Юзеф Крашевский – Из жизни авантюриста. Эмиссар (сборник) (страница 22)
Он вроде бы начал смеяться…
– Я этого совсем не принимаю так трагично, – прибавил он живо, – самая обычная на свете вещь, а даже – взаправду смешная…
Тола не могла ещё вымолвить слова… смотрела, ошеломлённая… Под её взглядом извивался бедный Мурминский, чувствуя не его сострадание, но унижение тем милосердием, предпочёл бы, может быть, гнев или равнодушие.
– Знаете, пани, что это особенная вещь, – добросил он лихорадочно, – особенная вещь, как неодинаково время влияет на людей… вы остались как были вчера… нетронутым бриллиантом, полным блеска… а меня африканская и индийская жара, лихорадка, голод, бродяжничество стёрли всмятку. Как это должно быть смешно – увидеть такую метаморфозу… и не удивляюсь, ни гневаюсь на достойную хозяйку, что такой спектакль хотела для вас устроить.
– Пане Теодор, – отозвалась взволнованная Тола, – как вы безжалостны… Никто из нас не думал… случайность!
– Да, случайность, – отозвался Мурминский, – играет неизмерно важную роль в жизни; жизнь складывается из одних случайностей.
Тола всё больше была смешенной, поглядела на него, желая эту насмешку разоружить мягким взглядом. Теодора это ещё больше возмутило…
К счастью, докторова, занятая Куделкой, не расслышала оправдания.
Тола как можно быстрей схватила стул – Мурминский стоял как вкопанный при корзине с цветами. Какое-то время в покое царило неприятной молчание. Теодор исподлобья смотрел на бледную и дрожащую женщину, которая уже на него глядеть не смела… была смешенная и грустная.
Подняла наконец глаза на Теодора.
– Вы говорили о переменах, наибольшие я нахожу не в вашем лице, – сказала она мягко, – но во взгляде на мир… Из нескольких слов его уже легко угадать. Вы были раньше, пан, снисходительным, мягким, а сегодня…

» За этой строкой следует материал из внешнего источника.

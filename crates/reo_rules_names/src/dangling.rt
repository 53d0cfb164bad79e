//! Nodes and parameters that lack an end in their connector.
ghost use Rattle.std.specs.Prelude.{◌≡◌, [], ◌++◌, List, Bool, ℕ, IfOk, OnOk, map};
ghost use Rattle.std.specs.List.{flat_map, zip};
ghost use Rattle.reo_trees.specs.declared.items.Item.{Item as AnItem};
ghost use Rattle.reo_trees.specs.declared.programs.Connector.{Connector as AConnector};
ghost use Rattle.reo_rules.specs.Touches.{Touch, touch, touches_in, touches_of};
ghost use Rattle.reo_rules.specs.Dangling.{dangling_parameter, dangling_in_item, dangling};
ghost use Rattle.reo_rules.specs.Judged.{IsJudged};
ghost use Rattle.reo_rules_names.specs.Connectors.{AreConnectors};
ghost use Rattle.reo_rules_names.specs.EndsAtNames.{AreEnds};
ghost use Rattle.reo_rules_names.specs.Loose.{lacking_ends};

use crate::connectors::Connectors;
use crate::ends::{EndsAtNames, is_drain};
use reo_rules::FlatFault;
use reo_trees::{Connector, Declaration, Item, ItemForm, Parameter, Program};
use reo_values::{Bytes, NoMemory};
use std::alloc::Global;

/// Notes the ends of arguments of a use of a connector whose parameters have these ways.
fn note_arguments(
    alloc: Global,
    ends: &mut EndsAtNames,
    arguments: &[Bytes],
    ways: &[bool],
) -> Result<(), NoMemory>
    ensures { OnOk result ((touches : List Touch) → AreEnds touches ends.old
        → AreEnds (touches ++ map (λ (q : List ℕ × Bool). touch q.0 q.1)
        (zip arguments.now ways.now)) ends.new) }
{
    for (argument, way) in arguments.iter().zip(ways) {
        ends.note(alloc, argument.as_slice(), *way)?;
    }
    Ok(())
}

/// Notes the ends of an item.
fn note_item(
    alloc: Global,
    connectors: &Connectors,
    ends: &mut EndsAtNames,
    form: &ItemForm,
) -> Result<(), NoMemory>
    ensures { OnOk result ((known : List AConnector) (touches : List Touch)
        → AreConnectors known connectors.now → AreEnds touches ends.old
        → AreEnds (touches ++ touches_in known form.now) ends.new) }
{
    match form {
        ItemForm::Node { .. } => Ok(()),
        ItemForm::Joined {
            channel,
            first,
            second,
        } => {
            ends.note(alloc, first.as_slice(), true)?;
            ends.note(alloc, second.as_slice(), is_drain(channel))
        }
        ItemForm::Used { name, arguments } => {
            let ways = connectors.ways(name.as_slice());
            note_arguments(alloc, ends, arguments.as_slice(), ways)
        }
    }
}

/// The ends of all items.
fn item_ends(
    alloc: Global,
    connectors: &Connectors,
    items: &[Item],
) -> Result<EndsAtNames, NoMemory>
    ensures { IfOk result (λ ends. (known : List AConnector) → AreConnectors known connectors.now
        → AreEnds (flat_map (λ (i : AnItem). touches_in known i.form) items.now) ends) }
{
    let mut ends = EndsAtNames::new(alloc);
    for item in items {
        note_item(alloc, connectors, &mut ends, &item.form)?;
    }
    Ok(ends)
}

/// A parameter.
fn parameter_dangling(
    alloc: Global,
    ends: &EndsAtNames,
    parameter: &Parameter,
) -> Result<(), FlatFault>
    ensures { (touches : List Touch) → AreEnds touches ends.now
        → IsJudged (dangling_parameter touches parameter.now) result }
{
    if ends.has(parameter.name.as_slice(), parameter.inward) {
        return Ok(());
    }
    Err(FlatFault::Dangling {
        line: parameter.line,
        node: parameter.name.copy(alloc)?,
    })
}

/// Parameters one after another.
fn parameters_dangling(
    alloc: Global,
    ends: &EndsAtNames,
    parameters: &[Parameter],
) -> Result<(), FlatFault>
    ensures { (touches : List Touch) → AreEnds touches ends.now
        → IsJudged (flat_map (dangling_parameter touches) parameters.now) result }
{
    for parameter in parameters {
        parameter_dangling(alloc, ends, parameter)?;
    }
    Ok(())
}

/// An item: only nodes have to have ends.
fn item_dangling(
    alloc: Global,
    ends: &EndsAtNames,
    line: u32,
    form: &ItemForm,
) -> Result<(), FlatFault>
    ensures { (touches : List Touch) → AreEnds touches ends.now
        → IsJudged (dangling_in_item touches line form.now) result }
{
    match form {
        ItemForm::Node { name, .. } => {
            if ends.has(name.as_slice(), true) && ends.has(name.as_slice(), false) {
                return Ok(());
            }
            Err(FlatFault::Dangling {
                line,
                node: name.copy(alloc)?,
            })
        }
        ItemForm::Joined { .. } | ItemForm::Used { .. } => Ok(()),
    }
}

/// Items one after another.
fn items_dangling(alloc: Global, ends: &EndsAtNames, items: &[Item]) -> Result<(), FlatFault>
    ensures { (touches : List Touch) → AreEnds touches ends.now
        → IsJudged (flat_map (λ (i : AnItem). dangling_in_item touches i.line i.form) items.now)
        result }
{
    for item in items {
        item_dangling(alloc, ends, item.line, &item.form)?;
    }
    Ok(())
}

/// A connector that has these ends: its parameters, and then its nodes.
fn ends_dangling(alloc: Global, ends: &EndsAtNames, connector: &Connector) -> Result<(), FlatFault>
    ensures { (touches : List Touch) → AreEnds touches ends.now
        → IsJudged (lacking_ends touches connector.now) result }
{
    parameters_dangling(alloc, ends, connector.parameters.as_slice())?;
    items_dangling(alloc, ends, connector.items.as_slice())
}

/// A connector.
fn connector_dangling(
    alloc: Global,
    connectors: &Connectors,
    connector: &Connector,
) -> Result<(), FlatFault>
    ensures { (known : List AConnector) → AreConnectors known connectors.now
        → IsJudged (lacking_ends (touches_of known connector.now) connector.now) result }
{
    let ends = item_ends(alloc, connectors, connector.items.as_slice())?;
    ends_dangling(alloc, &ends, connector)
}

/// Declarations one after another; the connectors are noted.
fn declarations_dangling(
    alloc: Global,
    connectors: &mut Connectors,
    declarations: &[Declaration],
) -> Result<(), FlatFault>
    requires { AreConnectors [] connectors.old }
    ensures { IsJudged (dangling declarations.now) result }
{
    for declaration in declarations {
        if let Declaration::Made(connector) = declaration {
            connector_dangling(alloc, connectors, connector)?;
            connectors.add(alloc, connector)?;
        }
    }
    Ok(())
}

/// Each node has an incoming and an outgoing end in its connector, each `in` parameter an outgoing
/// and each `out` parameter an incoming one; an argument for an `in` parameter is an outgoing end,
/// one for an `out` parameter an incoming end. Where one lacks such an end, `Dangling` is the
/// first, in a connector its parameters before its nodes, with the line of its declaration.
/// `NoMemory` is out of memory.
pub fn judge_dangling(alloc: Global, program: &Program) -> Result<(), FlatFault>
    ensures { IsJudged (dangling program.now.declarations) result }
{
    let mut connectors = Connectors::new(alloc);
    declarations_dangling(alloc, &mut connectors, program.declarations.as_slice())
}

– Человек меняется, – сказал Теодор.
Докторова под предлогом цветов отвела Куделку, громко разговаривая с ним, в первый покой, так что Теодор с Толой остались одни. Мурминский глазами искал шляпу.
Тола хотела перевести разговор на иное, более нейтральное поле.
– Откуда вы к нам сюда прибыли? – спросила она.
– Я был в Африке, – сказал Теодор, – служил в заграничном легионе, немного раньше таскался по Мексике и Бразилии, был даже в Индиях… Казалось бы, что где-нибудь должен был погибнуть… нет…
– Вы одичали, пан, среди диких, – прибавила Тола, несмело поглядывая.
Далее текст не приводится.